● What is expected
Look through the material below. Copy every line with the string "everywhere" in it.

● Task material
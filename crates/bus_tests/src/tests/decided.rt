//! What `bus_judge` says of a trace, against the plain reader.

use crate::tests::bounds::Bound;
use crate::tests::judge::Judge as Reader;
use crate::tests::plays::Bus;
use crate::tests::reading::add;
use crate::tests::verdicts::{is_told, own_acts};
use crate::tests::wired::{told_by_wires, wires_of};
use bus_judge::{Breach, Cause, Judge, Mark, Verdict};
use cbm_iec::*;
use std::alloc::Global;
use std::process::Abort;

/// The verdict on a trace up to an end, and the acts that count in it.
fn decided(
    rt: &impl Abort,
    parties: &[Party],
    trace: &[Event],
    end: u64,
    acts: &mut Vec<(u8, Act)>,
) -> Verdict {
    let mut judge = Judge::new(parties).expect(rt, "a bus");
    for event in trace {
        match judge.see(*event) {
            Ok(Mark::Plain) => {}
            Ok(Mark::For(device, act)) => add(rt, acts, (device, act)),
            Ok(Mark::ForEach(act)) => {
                for party in parties {
                    add(rt, acts, (party.device, act));
                }
            }
            Err(breach) => return breach.verdict(),
        }
    }
    match judge.end(end) {
        Ok(()) => Verdict::Session,
        Err(breach) => breach.verdict(),
    }
}

/// The acts, but for that of a talker of a KERNAL's pace that has nothing to say: the wires don't tell it from one that
/// offers a byte, if no bit came.
fn seen_acts(rt: &impl Abort, alloc: Global, acts: &[(u8, Act)], party: Party) -> Vec<Act> {
    let mut seen = Vec::new(alloc);
    for act in own_acts(rt, alloc, acts, party.device) {
        if act != Act::Silent || party.pace != Pace::Kernal {
            add(rt, &mut seen, act);
        }
    }
    seen
}

/// Of a session's wires alone the judge says that they are a session, with the same acts.
fn agrees_by_wires(
    rt: &impl Abort,
    alloc: Global,
    parties: &[Party],
    trace: &[Event],
    end: u64,
    acts: &[(u8, Act)],
) {
    let told = told_by_wires(rt, alloc, parties, trace, end);
    let mut counted = Vec::new(alloc);
    let verdict = decided(rt, parties, &told, end, &mut counted);
    assert!(rt;
        verdict == Verdict::Session,
        "by the wires: {verdict:?}, {trace:?}, {told:?}"
    );
    for party in parties {
        let (told, meant) = (
            seen_acts(rt, alloc, &counted, *party),
            seen_acts(rt, alloc, acts, *party),
        );
        assert!(rt; told.as_slice() == meant.as_slice(), "{trace:?}");
    }
}

/// The judge says the same as the reader.
pub fn agrees(
    rt: &impl Abort,
    alloc: Global,
    parties: &[Party],
    trace: &[Event],
    end: u64,
    reader: &Reader,
) {
    let mut acts = Vec::new(alloc);
    let verdict = decided(rt, parties, trace, end, &mut acts);
    let is_same = match verdict {
        Verdict::Session => reader.keeps && reader.begins() && !reader.late,
        Verdict::Host(_) => !reader.keeps,
        Verdict::Drive(_) => reader.keeps && (reader.late || !reader.begins()),
    };
    assert!(rt; is_same, "{verdict:?}, {trace:?}");
    if verdict == Verdict::Session {
        agrees_by_wires(rt, alloc, parties, trace, end, &acts);
        for reading in &reader.readings {
            for party in parties {
                assert!(rt; is_told(rt, alloc, &acts, &reading.acts, party.device));
            }
        }
    }
}

/// The bound of a verdict.
fn bound_of(verdict: Verdict) -> Option<Bound> {
    let Verdict::Host(breach) = verdict else {
        return None;
    };
    match breach.cause {
        Cause::Bound(broken) | Cause::LeftOut(broken) => Some(broken.bound),
        _ => None,
    }
}

/// Whether a wire changes with a change of its line.
fn shows(
    rt: &impl Abort,
    alloc: Global,
    parties: &[Party],
    trace: &[Event],
    change: Change,
) -> bool {
    wires_of(rt, alloc, parties, trace, false).contains(&change)
}

/// By the wires alone the host breaks the timing, too, if its change shows there. Of two changes that don't come together
/// one may not show, and then these are the wires of a session.
fn is_named_by_wires(
    rt: &impl Abort,
    alloc: Global,
    parties: &[Party],
    trace: &[Event],
    end: u64,
    breach: Breach,
) -> bool {
    let told = told_by_wires(rt, alloc, parties, trace, end);
    let verdict = decided(rt, parties, &told, end, &mut Vec::new(alloc));
    let (hides, apart) = match breach.cause {
        Cause::Bound(broken) => (
            !shows(rt, alloc, parties, trace, breach.change),
            broken.bound == Bound::Together,
        ),
        Cause::LeftOut(broken) => (false, broken.bound == Bound::Together),
        _ => (false, false),
    };
    match verdict {
        Verdict::Session => hides || apart,
        Verdict::Host(_) => true,
        Verdict::Drive(_) => hides,
    }
}

/// The judge names the bound that the host breaks by 1.
pub fn names(rt: &impl Abort, alloc: Global, bus: &Bus, end: u64, bound: Bound, seed: u64) {
    let parties = bus.parties(rt, alloc);
    let mut acts = Vec::new(alloc);
    let verdict = decided(rt, &parties, &bus.events, end, &mut acts);
    assert!(rt;
        bound_of(verdict) == Some(bound),
        "{seed}: {bound:?}, {verdict:?}"
    );
    if let Verdict::Host(breach) = verdict {
        let is_named = is_named_by_wires(rt, alloc, &parties, &bus.events, end, breach);
        assert!(rt; is_named, "{seed}: {bound:?}, by the wires");
        if let Cause::Bound(broken) = breach.cause {
            assert!(rt; broken.by() == 1, "{seed}: {verdict:?}");
        }
    }
}
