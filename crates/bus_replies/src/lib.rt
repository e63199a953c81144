//! A talk with the host of a bus: it says what it does line by line, and is answered by what comes of it.
#![tactic(auto)]

mod carrying;
mod clock;
mod fault;
mod lines;
mod plays;
mod ready;
mod replying;
mod request;

pub use fault::{ReplyFault, ReplyRefusal};
pub use lines::LineReader;
pub use plays::Plays;
pub use ready::ready_text;
pub use replying::reply;
pub use request::{ReplyRequest, request_of};
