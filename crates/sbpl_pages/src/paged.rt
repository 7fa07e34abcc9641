//! A list that is kept by pages.

ghost use Rattle.std.specs.Prelude.{◌≡◌, ℕ, ◌<◌, [], Some, IfOk, length, replicate, slice_get, slice_index, slice_set, vec_capacity};
ghost use Rattle.sbpl_pages.specs.Pages.{AreListed, IsKept, element, unopened};

use sbpl_fixed::NoMemory;
use std::alloc::Global;
use std::marker::Model;

/// The elements of a page.
const PAGE: u32 = 256;

/// A list whose length stays, and whose elements are all the same at first. It takes room for all of them when it is made, and
/// uses the room by pages, each when it is first written: memory that was never used is not resident. Only `new` asks for memory.
#[derive(Drop)]
pub struct Paged<T: Copy> {
    /// For each page the number of its frame, which is 0 until the page is written.
    table: Vec<u32>,
    /// Frames of as many elements as a page has. The first stays as it was made: with the initial element everywhere.
    frames: Vec<T>,
    /// The pages that were written, in the order of their frames.
    opened: Vec<u32>,
    initial: T,
    len: u32,
}

impl<T: Copy> Model for Paged<T> {
    ghost use Rattle.std.specs.Prelude.{◌*◌, ◌≤◌, List, length, vec_capacity};
    ghost use Rattle.sbpl_pages.specs.Pages.{elements, IsKept};

    ghost Value = { List T };

    ghost view = { λ a. elements a.table.items a.frames.items a.initial 0 a.len };

    ghost invariant = { λ a. IsKept a.table.items a.frames.items a.opened.items a.initial (vec_capacity a.frames) (vec_capacity a.opened)
        × (a.len ≤ 256 * length a.table.items) };
}

/// The frame of a page, which is opened where it has none.
#[inline]
fn own<T: Copy>(
    table: &mut [u32],
    frames: &mut Vec<T>,
    opened: &mut Vec<u32>,
    initial: T,
    page: u32,
) -> u32
    requires page { page < length table.old }
    requires kept { IsKept table.old frames.old.items opened.old.items initial (vec_capacity frames.old) (vec_capacity opened.old) }
    ensures kept { IsKept table.new frames.new.items opened.new.items initial (vec_capacity frames.new) (vec_capacity opened.new) }
    ensures same { (i : ℕ) → element table.new frames.new.items initial i ≡ element table.old frames.old.items initial i }
    ensures frame { slice_index table.new page ≡ result }
    ensures own { 0 < result }
    ensures pages { length table.new ≡ length table.old }
{
    let frame = table[page as usize];
    if frame > 0 {
        return frame;
    }
    open(table, frames, opened, initial, page)
}

/// Opens a page: it gets a frame of its own, with initial elements.
fn open<T: Copy>(
    table: &mut [u32],
    frames: &mut Vec<T>,
    opened: &mut Vec<u32>,
    initial: T,
    page: u32,
) -> u32
    requires page { page < length table.old }
    requires none { slice_index table.old page ≡ 0 }
    requires kept { IsKept table.old frames.old.items opened.old.items initial (vec_capacity frames.old) (vec_capacity opened.old) }
    ensures kept { IsKept table.new frames.new.items opened.new.items initial (vec_capacity frames.new) (vec_capacity opened.new) }
    ensures same { (i : ℕ) → element table.new frames.new.items initial i ≡ element table.old frames.old.items initial i }
    ensures frame { slice_index table.new page ≡ result }
    ensures own { 0 < result }
    ensures pages { length table.new ≡ length table.old }
{
    opened.push_reserved(page);
    let _ = frames.resize(frames.len() + PAGE as usize, initial);
    let frame = opened.len() as u32;
    table[page as usize] = frame;
    frame
}

/// Takes the frames of all pages away. It looks at the opened pages alone.
fn close_all(table: &mut [u32], opened: &mut Vec<u32>)
    requires listed { AreListed table.old opened.old.items }
    ensures closed { (page : ℕ) → slice_index table.new page ≡ 0 }
    ensures unopened { unopened table.new ≡ length table.old }
    ensures pages { length table.new ≡ length table.old }
    ensures none { opened.new.items ≡ [] }
    ensures room { vec_capacity opened.new ≡ vec_capacity opened.old }
{
    for page in opened.as_slice() {
        table[*page as usize] = 0;
    }
    opened.clear();
}

impl<T: Copy> Paged<T> {
    /// A list of this length with this element everywhere.
    pub fn new(alloc: Global, len: u32, initial: T) -> Result<Paged<T>, NoMemory>
        ensures list { IfOk result (λ list. list ≡ replicate len initial) }
    {
        let pages = len.div_ceil(PAGE) as usize;
        let table = vec![in alloc; 0; pages]?;
        let opened = Vec::with_capacity(alloc, pages)?;
        let mut frames = Vec::with_capacity(alloc, (pages + 1) * PAGE as usize)?;
        let _ = frames.resize(PAGE as usize, initial);
        Ok(Paged {
            table,
            frames,
            opened,
            initial,
            len,
        })
    }

    /// The length.
    pub fn len(&self) -> u32
        ensures value { result ≡ length self.now }
    {
        self.len
    }

    /// Element `i`.
    #[inline]
    pub fn get(&self, i: u32) -> T
        requires inside { i < length self.now }
        ensures value { slice_get self.now i ≡ Some result }
    {
        let frame = self.table[(i / PAGE) as usize];
        self.frames[frame as usize * PAGE as usize + (i % PAGE) as usize]
    }

    /// Gives element `i` this value.
    #[inline]
    pub fn set(&mut self, i: u32, value: T)
        requires inside { i < length self.old }
        ensures list { self.new ≡ slice_set self.old i value }
    {
        let frame = own(
            &mut self.table,
            &mut self.frames,
            &mut self.opened,
            self.initial,
            i / PAGE,
        );
        self.frames[frame as usize * PAGE as usize + (i % PAGE) as usize] = value;
    }

    /// Gives each element this value. It takes as long as there are pages that were written.
    pub fn fill(&mut self, value: T)
        ensures list { self.new ≡ replicate (length self.old) value }
    {
        close_all(&mut self.table, &mut self.opened);
        self.frames.clear();
        let _ = self.frames.resize(PAGE as usize, value);
        self.initial = value;
    }
}
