impl Graph for Lattice {
    ghost use Rattle.sbpl_cost.specs.Lattices.{network_of};

    ghost network = { network_of };

    fn states(&self) -> u32 {
        state_count(&self.env)
    }

    fn fan(&self, s: u32) -> u32 {
        self.leaving.at(heading_of(&self.env, s) as usize).len() as u32
    }

    fn head(&self, s: u32, k: u32) -> Option<u32> {
        let source = place_at(&self.env, s);
        let i = self.leaving_at(source.t, k);
        end_state(&self.env, source, self.prims.get(i))
    }

    fn judge(&self, s: u32, k: u32) -> Option<u32> {
        let source = place_at(&self.env, s);
        let i = self.leaving_at(source.t, k) as usize;
        let along = self.along.at(i);
        let around = self.around.at(i);
        let reach = &self.reaches[i];
        let Some(greatest) = greatest_paid(
            &self.env,
            &self.map,
            source,
            &self.walls,
            along,
            around,
            reach,
        ) else {
            return None;
        };
        Some(self.costs[i] * (u32::from(greatest) + 1))
    }

    fn floor(&self, s: u32, k: u32) -> u32 {
        let _env = self.env();
        self.cost_of(self.prim_of(s, k))
    }

    fn tail_fan(&self, t: u32) -> u32 {
        self.entering.at(heading_of(&self.env, t) as usize).len() as u32
    }

    fn tail(&self, t: u32, j: u32) -> Option<(u32, u32)> {
        let target = place_at(&self.env, t);
        let i = self.entering_at(target.t, j);
        let Some(source) = start_state(&self.env, target, self.prims.get(i)) else {
            return None;
        };
        Some((source, self.numbers[i as usize]))
    }

    fn gap(&self, a: u32, b: u32) -> u64 {
        let from = place_at(&self.env, a);
        let to = place_at(&self.env, b);
        self.gaps.between(&self.env, &from, &to)
    }
}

● Written response
    /// Frames of as many elements as a page has. The first stays as it was made: with the initial element everywhere.
    /// A list of this length with this element everywhere.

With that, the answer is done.